This repository is licensed under the [Apache License 2.0](#license).
---
## Table of Contents
- [Audio Scribe](#audio-scribe)
- [Overview](#overview)
- [Table of Contents](#table-of-contents)
- [Features](#features)
- [Installation](#installation)
- [Installing from PyPI](#installing-from-pypi)
- [Installing from GitHub](#installing-from-github)
- [Quick Start](#quick-start)
- [Usage](#usage)
- [Dependencies](#dependencies)
- [Sample `requirements.txt`](#sample-requirementstxt)
- [Contributing](#contributing)
- [License](#license)
---
## Features
- **Whisper Transcription**
Utilizes [OpenAI Whisper](https://github.com/openai/whisper) to convert speech to text in multiple languages.

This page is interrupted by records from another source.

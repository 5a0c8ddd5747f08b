// A sheet's records, loaded into an empty table one after the other.
#![tactic(auto)]

ghost use Rattle.std.specs.Prelude.{◌≡◌};
ghost use Rattle.loading.specs.Answers.{loaded_of};
ghost use Rattle.loading.specs.Loading.{load_all};

use fields::Asked;
use record_reader::read_record;
use refusals::Refusal;
use slots::{Slot, empty_table};
use table_calls::load;

// The refusal of a record, its place in the sheet counted from 1, and where its text is wrong; line and column are 0 where the text reads.
#[derive(Clone, Copy, Debug, PartialEq, Eq)]
pub struct Refused {
    pub refusal: Refusal,
    pub position: usize,
    pub line: usize,
    pub column: usize,
}

// Every record of a sheet, up to the first that is refused.
pub fn load_all(sheet: &[u8]) -> Result<[Slot; 32], Refused>
    ensures { loaded_of result ≡ load_all sheet.now }
{
    let mut table = empty_table();
    let mut position = 1;
    // No `for`: how far a turn goes is what the record took.
    let mut rest = sheet;
    while !rest.is_empty() {
        let read = match read_record(rest) {
            Ok(read) => read,
            Err(bad) => {
                return Err(Refused {
                    refusal: Refusal::RecordTextBad,
                    position,
                    line: bad.line,
                    column: bad.column,
                });
            }
        };
        let used = read.used;
        let key = read.key;
        table = match load(table, read.number, Asked::from(read.fields), key) {
            Ok(loaded) => loaded,
            Err(refusal) => {
                return Err(Refused {
                    refusal,
                    position,
                    line: 0,
                    column: 0,
                });
            }
        };
        rest = &rest[used..];
        position += 1;
    }
    Ok(table)
}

- **Pyannote Speaker Diarization**
Identifies different speakers and segments your audio output accordingly.
- **Progress Bar & Resource Usage**
Displays a live progress bar with CPU, memory, and GPU stats through [alive-progress](https://github.com/rsalmei/alive-progress), [psutil](https://pypi.org/project/psutil/), and [GPUtil](https://pypi.org/project/GPUtil/).
- **Tab-Completion**
Press **Tab** to autocomplete file paths on Unix-like systems (and on Windows with [pyreadline3](https://pypi.org/project/pyreadline3/)).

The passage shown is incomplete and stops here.